> **Given records**:
_ _ _

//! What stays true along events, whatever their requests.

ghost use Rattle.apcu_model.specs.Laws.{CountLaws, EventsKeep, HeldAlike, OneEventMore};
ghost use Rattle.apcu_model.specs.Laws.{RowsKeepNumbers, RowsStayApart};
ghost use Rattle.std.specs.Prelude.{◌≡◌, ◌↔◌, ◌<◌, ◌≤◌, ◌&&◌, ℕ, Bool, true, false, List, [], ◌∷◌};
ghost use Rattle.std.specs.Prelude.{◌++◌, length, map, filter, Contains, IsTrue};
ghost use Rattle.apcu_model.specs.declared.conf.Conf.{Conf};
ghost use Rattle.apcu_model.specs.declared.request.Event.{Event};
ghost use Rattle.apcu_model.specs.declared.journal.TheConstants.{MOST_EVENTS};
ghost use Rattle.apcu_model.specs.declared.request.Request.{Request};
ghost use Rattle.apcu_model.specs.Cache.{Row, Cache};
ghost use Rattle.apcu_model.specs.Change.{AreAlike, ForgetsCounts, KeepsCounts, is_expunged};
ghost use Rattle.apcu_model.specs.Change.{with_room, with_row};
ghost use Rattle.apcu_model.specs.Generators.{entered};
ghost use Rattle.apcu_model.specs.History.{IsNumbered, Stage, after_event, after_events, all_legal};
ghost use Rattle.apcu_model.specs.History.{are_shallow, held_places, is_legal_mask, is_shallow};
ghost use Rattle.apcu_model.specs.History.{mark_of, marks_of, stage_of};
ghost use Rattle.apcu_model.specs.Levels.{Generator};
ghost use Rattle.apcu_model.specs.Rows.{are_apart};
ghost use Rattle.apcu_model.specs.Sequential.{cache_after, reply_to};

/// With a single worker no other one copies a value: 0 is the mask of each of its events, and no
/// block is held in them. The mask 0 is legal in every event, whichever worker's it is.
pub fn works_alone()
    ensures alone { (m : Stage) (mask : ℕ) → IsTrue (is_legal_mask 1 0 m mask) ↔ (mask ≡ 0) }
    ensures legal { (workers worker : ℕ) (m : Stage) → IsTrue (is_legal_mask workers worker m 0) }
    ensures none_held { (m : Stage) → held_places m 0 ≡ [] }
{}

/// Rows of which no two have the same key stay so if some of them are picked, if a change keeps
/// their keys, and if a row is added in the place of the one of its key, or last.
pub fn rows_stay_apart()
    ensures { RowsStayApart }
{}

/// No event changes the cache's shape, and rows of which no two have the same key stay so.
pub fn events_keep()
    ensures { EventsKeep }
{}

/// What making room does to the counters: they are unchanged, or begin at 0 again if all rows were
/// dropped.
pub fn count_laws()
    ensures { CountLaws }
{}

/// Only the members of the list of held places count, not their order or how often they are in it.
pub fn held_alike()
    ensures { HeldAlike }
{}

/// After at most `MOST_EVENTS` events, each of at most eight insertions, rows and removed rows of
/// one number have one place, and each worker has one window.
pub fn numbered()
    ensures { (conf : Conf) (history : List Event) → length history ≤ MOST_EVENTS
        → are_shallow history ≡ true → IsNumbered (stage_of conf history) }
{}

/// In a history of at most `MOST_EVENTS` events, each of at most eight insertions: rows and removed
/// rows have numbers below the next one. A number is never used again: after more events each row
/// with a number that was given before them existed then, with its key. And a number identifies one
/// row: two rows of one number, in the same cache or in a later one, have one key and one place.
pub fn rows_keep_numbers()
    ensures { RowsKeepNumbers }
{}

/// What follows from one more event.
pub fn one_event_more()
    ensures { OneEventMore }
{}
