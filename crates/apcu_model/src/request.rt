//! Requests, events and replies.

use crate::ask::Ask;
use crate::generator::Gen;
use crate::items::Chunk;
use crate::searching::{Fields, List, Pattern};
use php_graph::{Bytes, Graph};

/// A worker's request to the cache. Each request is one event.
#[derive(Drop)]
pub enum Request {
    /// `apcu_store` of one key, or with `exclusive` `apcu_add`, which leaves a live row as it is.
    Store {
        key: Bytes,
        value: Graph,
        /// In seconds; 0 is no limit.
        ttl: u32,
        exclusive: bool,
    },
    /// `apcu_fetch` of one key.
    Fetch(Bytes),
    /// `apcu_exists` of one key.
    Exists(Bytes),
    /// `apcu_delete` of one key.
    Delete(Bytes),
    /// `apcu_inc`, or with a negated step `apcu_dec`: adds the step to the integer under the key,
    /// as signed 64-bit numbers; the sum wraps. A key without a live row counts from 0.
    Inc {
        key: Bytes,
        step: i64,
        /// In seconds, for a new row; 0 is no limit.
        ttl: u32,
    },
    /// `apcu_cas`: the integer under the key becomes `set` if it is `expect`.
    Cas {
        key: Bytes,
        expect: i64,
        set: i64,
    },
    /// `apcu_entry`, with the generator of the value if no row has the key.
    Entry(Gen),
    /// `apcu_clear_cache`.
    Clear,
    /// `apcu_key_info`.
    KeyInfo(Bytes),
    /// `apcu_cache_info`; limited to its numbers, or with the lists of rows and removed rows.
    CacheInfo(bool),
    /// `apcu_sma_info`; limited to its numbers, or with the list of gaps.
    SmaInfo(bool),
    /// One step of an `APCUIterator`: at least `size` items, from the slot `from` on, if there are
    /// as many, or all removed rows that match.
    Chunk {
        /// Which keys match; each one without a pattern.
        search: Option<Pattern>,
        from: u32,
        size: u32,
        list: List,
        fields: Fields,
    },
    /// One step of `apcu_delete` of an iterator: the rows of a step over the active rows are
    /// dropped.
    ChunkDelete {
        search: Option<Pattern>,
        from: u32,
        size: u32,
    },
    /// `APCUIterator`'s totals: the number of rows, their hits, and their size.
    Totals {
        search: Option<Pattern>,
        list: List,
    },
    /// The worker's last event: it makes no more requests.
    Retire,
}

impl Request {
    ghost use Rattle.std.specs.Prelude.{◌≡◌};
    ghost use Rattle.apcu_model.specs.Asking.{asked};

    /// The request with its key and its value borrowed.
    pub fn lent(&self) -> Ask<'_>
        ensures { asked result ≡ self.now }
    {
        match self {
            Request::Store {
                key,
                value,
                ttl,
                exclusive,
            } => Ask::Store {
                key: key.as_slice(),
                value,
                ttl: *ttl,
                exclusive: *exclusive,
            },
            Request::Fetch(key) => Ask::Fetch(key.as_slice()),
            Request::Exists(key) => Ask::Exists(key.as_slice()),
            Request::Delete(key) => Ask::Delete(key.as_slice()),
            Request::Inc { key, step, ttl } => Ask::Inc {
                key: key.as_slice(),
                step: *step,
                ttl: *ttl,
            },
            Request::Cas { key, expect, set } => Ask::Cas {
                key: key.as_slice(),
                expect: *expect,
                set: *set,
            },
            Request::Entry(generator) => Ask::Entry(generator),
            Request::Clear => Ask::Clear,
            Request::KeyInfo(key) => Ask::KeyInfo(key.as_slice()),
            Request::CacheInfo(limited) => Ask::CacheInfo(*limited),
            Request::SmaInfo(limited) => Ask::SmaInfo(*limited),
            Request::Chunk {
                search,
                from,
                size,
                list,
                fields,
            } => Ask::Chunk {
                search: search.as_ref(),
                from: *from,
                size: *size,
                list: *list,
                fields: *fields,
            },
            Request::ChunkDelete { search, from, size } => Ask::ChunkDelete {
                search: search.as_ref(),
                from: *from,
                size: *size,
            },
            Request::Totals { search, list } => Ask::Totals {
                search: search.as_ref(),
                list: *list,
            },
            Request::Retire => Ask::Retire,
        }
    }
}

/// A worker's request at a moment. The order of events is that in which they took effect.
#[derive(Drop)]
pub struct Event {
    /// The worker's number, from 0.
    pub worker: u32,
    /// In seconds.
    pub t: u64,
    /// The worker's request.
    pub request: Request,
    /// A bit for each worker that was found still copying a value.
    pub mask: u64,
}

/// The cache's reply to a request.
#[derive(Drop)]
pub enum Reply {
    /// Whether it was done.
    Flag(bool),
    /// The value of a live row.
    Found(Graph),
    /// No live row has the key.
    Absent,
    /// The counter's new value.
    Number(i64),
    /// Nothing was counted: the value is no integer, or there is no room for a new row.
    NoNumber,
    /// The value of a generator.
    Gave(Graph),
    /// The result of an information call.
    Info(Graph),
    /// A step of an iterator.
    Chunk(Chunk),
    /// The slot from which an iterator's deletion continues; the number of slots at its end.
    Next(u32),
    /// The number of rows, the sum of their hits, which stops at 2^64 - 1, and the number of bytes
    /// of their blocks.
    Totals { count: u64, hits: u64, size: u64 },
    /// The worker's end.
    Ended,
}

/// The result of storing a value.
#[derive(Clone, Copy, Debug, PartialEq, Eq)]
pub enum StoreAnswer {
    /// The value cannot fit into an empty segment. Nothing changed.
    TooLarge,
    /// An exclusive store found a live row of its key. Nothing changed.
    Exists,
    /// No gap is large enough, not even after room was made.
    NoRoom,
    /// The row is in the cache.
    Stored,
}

_ _ _

> **Task to carry out**: Tell how many lines in the material above have the string "asked", using only the number.

> **Answer section**: 2